Or:
How the Woke monster originated
In the summer of 772, fifty years after Boniface’s felling of Thunor’s oak, another tree—the greatest of all the Saxons’ totems—was brought crashing down. Fearsome, phallic, and famed across Saxony, the Irminsul was believed by devotees of the ancient gods to uphold the heavens. But it did not. The skies remained in their place, even once the sanctuary had been demolished. Yet to the Saxons themselves, it might well have seemed as though the pillars of the world were crumbling. Devastation on a scale never before visited on their lands was drawing near. The desecrator of the Irminsul was no missionary, but a king at the head of the most menacing war-machine in Europe. Charles, the younger son of Pepin, had ascended to the sole rule of the Franks only the previous December. Not since the vanished age of the Caesars had anyone in the West commanded such resources. Prodigious both in his energies and in his ambitions, he exerted a sway that was Roman in its scope. In 800, the pope set an official seal on the comparison in Rome itself: for there, on Christmas Day, he crowned the Frankish warlord, and hailed him as ‘Augustus’. Then, having done so, he fell before Charles’ feet. Such obeisance had for centuries been the due of only one man: the emperor in Constantinople. Now, though, the West had its own emperor once again. Charles, despite his reluctance to admit that he might owe anything to an Italian bishop, and his insistence that, had he only known what the pope was planning, he would never have permitted it, did not reject the title. King of the Franks and ‘Christian Emperor’, he would be remembered by later generations as Charles the Great: Charlemagne.
Many were his conquests. During the four decades and more of his rule, he succeeded in annexing northern Italy, capturing Barcelona from the Arabs, and pushing deep into the Carpathian Basin. Yet of all Charlemagne’s many wars, the bloodiest and most exhausting was the one he launched against the Saxons… [pages 207-208]
On the same page Tom Holland talks about what this warlord, who wanted to imitate King David, did in 782: in a single day he beheaded 4,500 Saxon prisoners who refused to worship the god of the Jews. Then he adds:
There was more to the bloody rhythms of Frankish campaigning, however, than the goal merely of securing for the new Israel a troubled flank. Charlemagne aimed as well at something altogether more novel: the winning of the Saxons for Christ.
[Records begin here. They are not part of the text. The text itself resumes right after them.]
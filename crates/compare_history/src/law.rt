//! A comparer that stands for a past of the pair answers each event as the theorem says, and then
//! stands for the past after it. The functions do nothing: their contracts are what is proved.

ghost use Rattle.compare_history.specs.Laws.{BeginsAtBoot, PrimaryTurns, SurvivorTurns, HearsKnown, HearsSent, HearsAck, PrimarySurvives, SecondarySurvives, CapturesThePast, PrimaryLooks, SurvivorLooks};

/// A new comparer stands for the past of two guests that have sent nothing. A turn of the primary
/// or of a survivor releases what the event says, and the same numbers are told.
pub fn follows_turns()
    ensures boot { BeginsAtBoot }
    ensures primary { PrimaryTurns }
    ensures survivor { SurvivorTurns }
{}

/// So does each message that the primary hears, and a capture leaves the numbers of the past.
pub fn follows_messages()
    ensures known { HearsKnown }
    ensures sent { HearsSent }
    ensures acknowledged { HearsAck }
    ensures captured { CapturesThePast }
{}

/// And the report of either stop.
pub fn follows_reports()
    ensures primary { PrimarySurvives }
    ensures secondary { SecondarySurvives }
{}

/// A client's frame is answered as the past says, and trims what the past trims.
pub fn follows_clients()
    ensures primary { PrimaryLooks }
    ensures survivor { SurvivorLooks }
{}
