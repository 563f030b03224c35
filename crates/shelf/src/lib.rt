//! What every kind of goods on a shelf asks of a claim, a demand or a key before it looks at its goods.
#![tactic(auto)]

ghost use Rattle.std.specs.Prelude.{◌≡◌};
ghost use Rattle.claims.specs.Book.{find as held};
ghost use Rattle.claims.specs.Held.{claims_book};
ghost use Rattle.claims.specs.Rules.{answered};
ghost use Rattle.shelf.specs.Asked.{barred, found, found_waiting};
ghost use Rattle.shelf.specs.Shelves.{on_shelf, one_number};

use claims::{Cause, Claim, ClaimKey, ClaimState, Claims, Demand, Fault, LAST_SHELF};

/// Whether a demand is of the shelf, which has to be one of the shelves.
pub fn is_on_shelf(demand: Demand, shelf: u32) -> bool
    ensures { result ≡ on_shelf shelf demand }
{
    (1..=LAST_SHELF).contains(&shelf) && demand.shelf == shelf
}

/// Whether a demand gives a number from 1 up to `most`, and nothing beside.
pub fn gives_one_number(demand: Demand, most: u32) -> bool
    ensures { result ≡ one_number most demand }
{
    (1..=most).contains(&demand.first) && demand.second == 0
}

/// Turns a claim away before the goods are looked at; `read` says whether its demand is read, which is for the kind of
/// goods to say. A bank or a quota has no `Claims`, so it asks the same of its parts in functions of its own.
pub fn check_entry(claims: &Claims, claim: Claim, read: bool) -> Result<(), Fault>
    ensures { result ≡ answered claim.key (barred read (claims_book claims.now) claim) }
{
    let entry = if claim.party.is_known() && read {
        claims.check_insert(claim)
    } else {
        Err(Cause::Unreadable)
    };
    let key = claim.key;
    entry.map_err(|cause| Fault { cause, key })
}

/// The claim under a key.
pub fn held_under(claims: &Claims, key: ClaimKey) -> Result<Claim, Fault>
    ensures { result ≡ found key (held (claims_book claims.now) key.0) }
{
    claims.find(key).ok_or(Fault {
        cause: Cause::NoSuchKey,
        key,
    })
}

/// The claim under a key, if it waits.
pub fn waiting_under(claims: &Claims, key: ClaimKey) -> Result<Claim, Fault>
    ensures { result ≡ found_waiting key (held (claims_book claims.now) key.0) }
{
    let claim = held_under(claims, key)?;
    match claim.state {
        ClaimState::Waiting => Ok(claim),
        ClaimState::Out(_) => Err(Fault {
            cause: Cause::AlreadyOut,
            key,
        }),
    }
}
Christianity was imposed by force upon the white race. The Aryan religions were destroyed by Constantine and his successors as well as by Charlemagne and his successors: the architects of a Dark Age which in our woke days has reached its blackest hour.
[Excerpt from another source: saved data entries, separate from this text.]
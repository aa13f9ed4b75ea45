//! The table of a board's reader: its rule, and what each step tells.
use crate::note::BoardNote;
use crate::rule::NoteReader;
use atomic_table::{Play, Seat, Split, Table, TableRule};
use std::alloc::Global;
use std::snapshot::Snapshot;

/// The word and the slot of the reader. A board has one, since a publishing looks at each reader that there is.
pub(crate) const SLOT: usize = 0;

/// How many words and slots the table has.
pub(crate) const PLACES: usize = 1;

/// The rule: the word is 0 where the slot is at home, and a reader at home was told of the board that its table opened
/// with.
pub(crate) struct Sharing;

impl TableRule<Option<NoteReader>, BoardNote, Snapshot<BoardNote>> for Sharing {
    ghost use Rattle.left_right.specs.Sides.{view};
    ghost use Rattle.stat_board.specs.Sharing.{IsShared};

    ghost holds = { λ key. IsShared (λ r. view r.place) key.value };

    ghost first = { λ key. key.value };
}

/// A new seat knows the same opening.
impl Split<BoardNote> for Sharing {
    ghost left = { λ f. f };

    ghost right = { λ f. f };
}

/// Raises the word from 0 to 1: then the seat has the slot.
pub(crate) struct Take;

impl Play<Option<NoteReader>, BoardNote> for Take {
    ghost use Rattle.left_right.specs.Sides.{view};
    ghost use Rattle.stat_board.specs.Sharing.{takes_slot};

    ghost then = { takes_slot (λ r. view r.place) };
}

/// Sets the word to 0: the slot goes home.
pub(crate) struct Give;

impl Play<Option<NoteReader>, BoardNote> for Give {
    ghost use Rattle.stat_board.specs.Sharing.{gives_slot};

    ghost then = { gives_slot };
}

/// One word, and one slot with the reader.
pub(crate) type ReaderTable = Table<
    Option<NoteReader>,
    BoardNote,
    Snapshot<BoardNote>,
    Sharing,
    Global,
>;

/// A seat at that table. It has no bytes.
pub(crate) type ReaderSeat = Seat<Option<NoteReader>, BoardNote>;
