//! The rule sets of a board, which proofs speak of and nothing keeps when the program runs.
ghost use Rattle.std.specs.Prelude.{◌≡◌, ◌<◌, ◌∷◌, [], length};

use logbook::{Opening, Rule, Seen, Start};
use std::marker::{Model, PhantomData};

/// Tells which rule sets a value keeps, as a book keeps those of its desk. A type with no values implements it for the
/// type of the book.
pub trait Ruling<X> {
    ghost use Rattle.std.specs.Prelude.{List};
    ghost use Rattle.options_machine.specs.Rules.{Rules};

    /// The rule sets, in the order of their numbers.
    ghost sets: { X → List Rules };
}

/// Rule sets, as the type of a law book's one entry. No value of it is made.
pub(crate) struct RuleSets;

impl Model for RuleSets {
    ghost use Rattle.std.specs.Prelude.{List, []};
    ghost use Rattle.options_machine.specs.Rules.{Rules};

    ghost Value = { List Rules };

    ghost view = { λ _. [] };
}

/// The rule of a book that opens with one entry, has no words and never changes.
pub(crate) struct Still;

impl Rule<RuleSets, u64> for Still {
    ghost use Rattle.std.specs.Prelude.{[]};
    ghost use base.Fml.{ftrue};

    ghost holds = { λ _ _. Unit {0} };

    ghost first = { [] };

    ghost hinted = { λ _ _. Unit {0} };

    ghost shows = { λ _. [] };

    ghost keeps = { λ _ _. ftrue };

    ghost moves = { λ _ _ _ _. Unit {0} };
}

/// The book opens with the rule sets of a value.
pub(crate) struct About<M> {
    of: PhantomData<M>,
}

impl<X, M: Ruling<X>> Opening<X, RuleSets> for About<M> {
    ghost use Rattle.std.specs.Prelude.{◌∷◌, []};

    ghost log = { λ _ x. M.sets x ∷ [] };
}

/// The rule sets of a board: what its law book opened with. It can be copied, and takes no bytes.
///
/// Contracts see it as the list of the rule sets.
#[derive(Drop)]
pub(crate) struct Law {
    seen: Seen<RuleSets, u64, Still>,
    ghost some: { 0 < length seen.log },
}

impl Model for Law {
    ghost use Rattle.std.specs.Prelude.{List};
    ghost use Rattle.options_machine.specs.Rules.{Rules};
    ghost use Rattle.stat_board.specs.Fronts.{the_first};

    ghost Value = { List Rules };

    ghost view = { λ l. the_first l.seen.log l.some };
}

impl Law {
    /// The rule sets of a value.
    pub fn of<X, M: Ruling<X>>(about: &X) -> Law
        ensures { result ≡ M.sets about.now }
    {
        let (seen, _no_words) = Seen::open_row::<X, About<M>>(about, Start::alone(), 0);
        Law { seen }
    }

    /// A copy.
    pub fn copy(&self) -> Law
        ensures { result ≡ self.now }
    {
        Law {
            seen: self.seen.again(),
        }
    }
}
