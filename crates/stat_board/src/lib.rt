//! A status board: one writer publishes a Glance of a desk after each step, and parties read the last one without a
//! lock.
//!
//! [`Board::make`] gives the writer's side and a pass for each party. Each Glance stands for a list of entries, and a
//! board's lists each begin with the one before. A [`BoardNote`] says what a party has read; a pass that hears it reads
//! at least that from then on.
//!
//! A board has one reader, since a publishing looks at each reader and waits for those who still read what it is to
//! change. The passes share it: [`BoardPass::glance`] takes it where nobody else has it, reads the last Glance with it,
//! and puts it back. It waits for nobody. Where others have the reader at each of some looks it answers what its pass
//! has read or was told before, so it may be behind.
#![tactic(auto)]

mod board;
mod law;
mod list;
mod note;
mod pass;
mod rule;
mod share;
mod sharing;

pub use board::Board;
pub use counter::Glance;
pub use law::Ruling;
pub use no_memory::NoMemory;
pub use note::BoardNote;
pub use pass::BoardPass;
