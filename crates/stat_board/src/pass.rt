//! What a party reads a board with.
ghost use Rattle.std.specs.Prelude.{◌≡◌};
ghost use Rattle.stat_board.specs.Fronts.{IsSameBoard, IsLater};
ghost use Rattle.stat_board.specs.Shows.{IsGlanceOf};

use crate::note::BoardNote;
use crate::share::ReaderShare;
use counter::Glance;
use std::marker::Model;

/// What a party knows of a board, and the reader by which it sees more, which all passes of the board share.
///
/// Contracts see it as the `Front` that it knows: the one with the longest list of those that it read or was told of.
#[derive(Drop)]
pub struct BoardPass {
    known: BoardNote,
    share: ReaderShare,
}

impl Model for BoardPass {
    ghost use Rattle.stat_board.specs.Fronts.{Front, IsSameBoard};

    ghost Value = { Front };

    ghost view = { λ p. p.known };

    ghost invariant = { λ p. IsSameBoard p.known p.share };
}

impl BoardPass {
    /// A pass that knows a front of the board of this reader.
    pub(crate) fn of(known: BoardNote, share: ReaderShare) -> BoardPass
        requires { IsSameBoard known share }
        ensures { result ≡ known }
    {
        BoardPass { known, share }
    }

    /// Reads the board with its reader, which one pass has at a time. It waits for nobody and takes no memory.
    ///
    /// The answer stands for a list that begins with all that this pass read and was told of before. Where others had
    /// the reader at each of some looks, or the board has ended, it is just what this pass read or was told of, and may
    /// be behind the board.
    pub fn glance(&mut self) -> Glance
        ensures later { IsLater self.old self.new }
        ensures stands { IsGlanceOf self.new.sets self.new.list result }
    {
        self.share.read(&mut self.known);
        self.known.glance()
    }

    /// What this pass knows, for other passes of its board.
    pub fn note(&self) -> BoardNote
        ensures { result ≡ self.now }
    {
        self.known.copy()
    }

    /// Takes in what a note of its board says. Each Glance after this stands for at least that.
    pub fn hear(&mut self, note: &BoardNote)
        requires { IsSameBoard self.old note.now }
        ensures later { IsLater self.old self.new }
        ensures heard { IsLater note.now self.new }
    {
        self.known.hear(note);
    }
}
What American white nationalists did not, do not and will not understand is that like other Jews St Paul was, in itself, harmless. It required imperial violence by Aryans to impose his subversive ideas on white peoples. I have said it many times: as long as the racial right doesn’t want to see historical reality, their movement shouldn’t be taken seriously.
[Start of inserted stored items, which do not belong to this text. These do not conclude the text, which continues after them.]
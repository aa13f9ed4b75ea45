//! What the passes of a board read it with, one at a time.
ghost use Rattle.std.specs.Prelude.{◌≡◌, IfOk, IfSome};
ghost use Rattle.left_right.specs.Sides.{view};
ghost use Rattle.stat_board.specs.declared.sharing.TheConstants.{PLACES, SLOT};
ghost use Rattle.stat_board.specs.Fronts.{IsSameBoard, IsLater};
ghost use Rattle.stat_board.specs.Rule.{IsTold};

use crate::note::BoardNote;
use crate::rule::{NoteReader, Sees};
use crate::sharing::{Give, PLACES, ReaderSeat, ReaderTable, SLOT, Sharing, Take};
use no_memory::NoMemory;
use std::alloc::Global;
use std::hint;
use std::marker::Model;
use std::snapshot::Snapshot;
use std::sync::Arc;

/// How often a pass asks for the reader until it reads nothing, which takes a microsecond or two.
const ASKS: u32 = 32;

/// The reader of a board, which all its passes share, and a seat of one pass at its table.
///
/// Contracts see it as the `Front` that the board opened with.
#[derive(Drop)]
pub(crate) struct ReaderShare {
    table: Arc<ReaderTable>,
    seat: ReaderSeat,
}

impl Model for ReaderShare {
    ghost use Rattle.std.specs.Arc.{arc_value};
    ghost use Rattle.stat_board.specs.Fronts.{Front};
    ghost use Rattle.stat_board.specs.Sharing.{IsSeated};

    ghost Value = { Front };

    ghost view = { λ r. r.seat.me.0 };

    ghost invariant = { λ r. IsSeated (arc_value r.table).shared.table_id r.seat.table_id r.seat.me.1 };
}

impl ReaderShare {
    /// A table with no reader yet, for a board that opens with this note.
    pub fn vacant(alloc: Global, note: &BoardNote) -> Result<ReaderShare, NoMemory>
        ensures { IfOk result (λ r. r ≡ note.now) }
    {
        let opening = Snapshot::of(note);
        let (table, seat) = ReaderTable::vacant(alloc, &[0; PLACES], PLACES, &opening)?;
        Ok(ReaderShare {
            table: Arc::new(alloc, table)?,
            seat,
        })
    }

    /// The same reader for one pass more.
    pub fn another(&mut self) -> Result<ReaderShare, NoMemory>
        ensures same { self.new ≡ self.old }
        ensures shared { IfOk result (λ r. r ≡ self.old) }
    {
        let table = Arc::try_clone(&self.table)?;
        let seat = self.table.shared.split_seat::<Sharing>(&mut self.seat);
        Ok(ReaderShare { table, seat })
    }

    /// Puts the reader into its slot.
    pub fn put(&mut self, reader: NoteReader)
        requires told { IsTold self.old (view reader.place) }
        ensures { self.new ≡ self.old }
    {
        let shared = &self.table.shared;
        if shared.compare_exchange::<Take>(&mut self.seat, SLOT, 0, 1) == 0 {
            shared.exchange(&mut self.seat, SLOT, Some(reader));
            shared.store::<Give>(&mut self.seat, SLOT, 0);
        }
    }

    /// Reads the board by its reader, unless others have that at each look. It waits for nobody.
    pub fn read(&mut self, known: &mut BoardNote)
        requires { IsSameBoard known.old self.old }
        ensures same { self.new ≡ self.old }
        ensures later { IsLater known.old known.new }
    {
        for _asked in 0..ASKS {
            if self.read_once(known) {
                return;
            }
            hint::spin_loop();
        }
    }

    /// Reads by the reader, where nobody else has it, and puts it back. Says whether nobody else had it.
    fn read_once(&mut self, known: &mut BoardNote) -> bool
        requires board { IsSameBoard known.old self.old }
        ensures same { self.new ≡ self.old }
        ensures later { IsLater known.old known.new }
    {
        let shared = &self.table.shared;
        if shared.compare_exchange::<Take>(&mut self.seat, SLOT, 0, 1) != 0 {
            return false;
        }
        let reader = shared.exchange(&mut self.seat, SLOT, None);
        let reader = look(known, reader);
        shared.exchange(&mut self.seat, SLOT, reader);
        shared.store::<Give>(&mut self.seat, SLOT, 0);
        true
    }
}

/// Reads, where there is a reader.
fn look(known: &mut BoardNote, reader: Option<NoteReader>) -> Option<NoteReader>
    requires { IfSome reader (λ r. IsTold known.old (view r.place)) }
    ensures later { IsLater known.old known.new }
    ensures told { IfSome result (λ r. IsTold known.new (view r.place)) }
{
    match reader {
        Some(reader) => Some(read(known, reader)),
        None => None,
    }
}

/// Reads what is published, which becomes known where it stands for more entries.
fn read(known: &mut BoardNote, reader: NoteReader) -> NoteReader
    requires { IsTold known.old (view reader.place) }
    ensures later { IsLater known.old known.new }
    ensures told { IsTold known.new (view result.place) }
{
    match reader.enter_as::<Sees>() {
        Ok(reading) => {
            known.hear(reading.get());
            reading.leave()
        }
        Err(reader) => reader,
    }
}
Only by washing away all that they had been, and erasing entirely their former existence, could they be brought to a proper submission. In 776, Charlemagne imposed a treaty on the Saxons that obliged them to accept baptism. Countless men, women and children were led into a river, there to become Christian. Nine years later, after the crushing of yet another rebellion, Charlemagne pronounced that ‘scorning to come to baptism’ would henceforward merit death. So too, he declared, would offering sacrifice to demons [the Germanic Gods—Ed.], or cremating a corpse, or eating meat during the forty days before Easter. Ruthlessly, determinedly, the very fabric of Saxon life was being torn apart. There would be no stitching it back together. Instead, dyed in gore, its ragged tatters were to lie for ever in the mud. As a programme for bringing an entire pagan people to Christ, it was savage as none had ever been before. A bloody and imperious precedent had been set. [page 209]
History and biography are the same animal: the former is simply a conglomeration of many biographies. In my previous post, I said that my family of normies have not wanted to see tragedy because of their denials and repressions, something very common in human beings (cf. Susan Forward’s Toxic Parents). Exactly the same could be said not only of Western historians but of all readers of history who see the history of white peoples through a lens sympathetic to the religion of our parents.
In the following pages Holland again mentions how this monster (that deluded whites call Charles the Great) was inspired by the book of our ethnic enemies:
Charlemagne, declaring in 789 his ambition to see his subjects ‘apply themselves to a good life’, cited as his model a king from the Old Testament: Josiah, who had discovered in the Temple a copy of the law given to Moses. ‘For we read how the saintly Josiah, by visitation, correction and admonition, strove to recall the kingdom which God had given him to the worship of the true God.’ [Admonitio Generalis. Preface.]